Grateful

I’m been thinking a lot lately about how blessed I am.  I was really emotionally invested in the story of little Layla Grace who lost her battle with pediatric cancer last week.  I just can not imagine losing a child.  I can not imagine not watching my beautiful baby girl grow up.  I try to wrap my head around the idea and it just makes me want to sit in the corner of my closet and cry.  I’ve started exercising, so now these thoughts make me want to go outside for a really, really long walk.  That helps.  I guess I feel guilty too.  I feel guilty that I’m sad when I have nothing to be sad about.

I was watching Giuliana & Bill last night on the Style Network.  I really like their chemistry.  Giuliana is the host of E! News with Ryan Seacrest and she’s fun and cute.  Bill Rancic was the first winner of Donald Trump’s Apprentice and he’s now a traveling public speaker.  They are a great match. 

guiliana-and-bill

Last night’s episode featured Giuliana & Bill’s struggle with infertility.  They desperately want to start a family and are having troubles conceiving. They have turned to IUI treatments which have been unsuccessful.  They are now considering the pros and cons of IVF.  It’s been an emotional ride for them and I was surprised how honest and open they are about it all on their show.
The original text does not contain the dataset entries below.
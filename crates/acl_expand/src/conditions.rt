ghost use Rattle.std.specs.Prelude.{◌≡◌, ◌+◌, ◌^◌, ◌≤◌, [], ◌∷◌, IfOk, codes};
ghost use Rattle.acl_packet.specs.Addresses.{top_address};
ghost use Rattle.acl_sets.specs.ComputableSets.{cut_all};
ghost use Rattle.acl_sets.specs.Ranges.{IsNormal};
ghost use Rattle.acl_expand.specs.TermRules.{
  client_ports,
  just,
  only_protocol,
  protocols_in,
  tcp_half,
  udp_alone,
  udp_half,
  udp_ports,
  whole,
};

use acl_packet::Family;
use acl_platform::Test;
use acl_sets::{Range, RangeSet};
use acl_terms::{Side, Term, dports_on};
use acl_text::{Bytes, Memory};
use std::alloc::Global;

/// What a rule has beside what its term gives it: the end of its name, its protocols, its destination ports and
/// its test.
#[derive(Drop)]
pub(crate) struct Conditions {
    pub suffix: Bytes,
    pub protos: RangeSet,
    pub dports: RangeSet,
    pub test: Test,
}

const TOP_PROTOCOL: u128 = 255;

const TOP_PORT: u128 = 65535;

fn only_protocol(alloc: Global, number: u8) -> Result<RangeSet, Memory>
    ensures { IfOk result (λ s. s ≡ only_protocol number) }
{
    let number = u128::from(number);
    let range = Range {
        low: number,
        high: number,
    };
    RangeSet::from_ranges(alloc, TOP_PROTOCOL, &[range])
}

fn client_ports(alloc: Global) -> Result<RangeSet, Memory>
    ensures { IfOk result (λ s. s ≡ client_ports) }
{
    let range = Range {
        low: 1024,
        high: TOP_PORT,
    };
    RangeSet::from_ranges(alloc, TOP_PORT, &[range])
}

#[tactic(auto, using(crate::proofs::SetForms::nothing_cut))]
fn without(alloc: Global, set: &RangeSet, number: u8) -> Result<RangeSet, Memory>
    requires top { set.now.top ≡ 255 }
    requires normal { IsNormal 0 set.now.top set.now.ranges }
    ensures top { IfOk result (λ s. s.top ≡ set.now.top) }
    ensures ranges { IfOk result (λ s. s.ranges ≡ cut_all (just number ∷ []) set.now.ranges) }
{
    if set.contains(u128::from(number)) {
        set.subtract(alloc, &only_protocol(alloc, number)?)
    } else {
        set.share()
    }
}

fn protocols_in(alloc: Global, family: Family, term: &Term) -> Result<RangeSet, Memory>
    ensures { IfOk result (λ s. s ≡ protocols_in family term.now) }
{
    if term.protos.is_all() {
        term.protos.share()
    } else {
        without(alloc, &term.protos, family.foreign_number())
    }
}

#[tactic(auto, using(crate::proofs::SideForms::dports_top))]
fn udp_ports(alloc: Global, term: &Term, side: Side) -> Result<RangeSet, Memory>
    ensures { IfOk result (λ s. s ≡ udp_ports term.now side) }
{
    let ports = dports_on(alloc, side, term)?;
    if term.dport_named {
        Ok(ports)
    } else {
        ports.intersect(alloc, &client_ports(alloc)?)
    }
}

/// The term's own protocols and its ports on a side, with a test.
pub(crate) fn whole(
    alloc: Global,
    family: Family,
    term: &Term,
    side: Side,
    test: Test,
) -> Result<Conditions, Memory>
    ensures { IfOk result (λ c. c ≡ whole family term.now side test) }
{
    Ok(Conditions {
        suffix: Bytes::new(alloc),
        protos: protocols_in(alloc, family, term)?,
        dports: dports_on(alloc, side, term)?,
        test,
    })
}

/// Those of `established` over UDP alone.
pub(crate) fn udp_alone(
    alloc: Global,
    family: Family,
    term: &Term,
    side: Side,
) -> Result<Conditions, Memory>
    ensures { IfOk result (λ c. c ≡ udp_alone family term.now side) }
{
    Ok(Conditions {
        suffix: Bytes::new(alloc),
        protos: protocols_in(alloc, family, term)?,
        dports: udp_ports(alloc, term, side)?,
        test: Test::Plain,
    })
}

/// Those of `established` over TCP, where UDP has a rule of its own.
pub(crate) fn tcp_half(alloc: Global, term: &Term, side: Side) -> Result<Conditions, Memory>
    ensures { IfOk result (λ c. c ≡ tcp_half term.now side) }
{
    Ok(Conditions {
        suffix: Bytes::from_slice(alloc, b"-tcp")?,
        protos: only_protocol(alloc, 6)?,
        dports: dports_on(alloc, side, term)?,
        test: Test::AckOrRst,
    })
}

/// Those of `established` over UDP, where TCP has a rule of its own.
pub(crate) fn udp_half(alloc: Global, term: &Term, side: Side) -> Result<Conditions, Memory>
    ensures { IfOk result (λ c. c ≡ udp_half term.now side) }
{
    Ok(Conditions {
        suffix: Bytes::from_slice(alloc, b"-udp")?,
        protos: only_protocol(alloc, 17)?,
        dports: udp_ports(alloc, term, side)?,
        test: Test::Plain,
    })
}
It’s hard for me to watch because, again, I can’t IMAGINE what it would be like to want a baby so badly and you just can’t have one.  I can’t imagine the pain they must feel to constantly have negative pregnancy tests.  I feel a little guilty for having been so upset that it took four months to conceive Bean.  I think every couple that starts the pregnancy journey fantasizes about the plus symbol and how they will tell their partner the big news.  You never start the journey wondering how long it will take or if you might have some challenges or if you might not be able to get pregnant at all.

I just feel really grateful. 

I wonder sometimes how I got so lucky.  And I hope I can remember that every single day. Even if it sometimes takes a broken hearted mother’s Twitter account or a celebrity reality show to remind me.

Comments

  1. Thanks for visiting my blog and for your lovely comment. I like your blog too 🙂
    We had a tough ride with having a baby but then it was only to be expected after waiting until I was in my 40’s! It is surprising though just how many people travel that same road. We are all lucky to be parents, that is certainly true.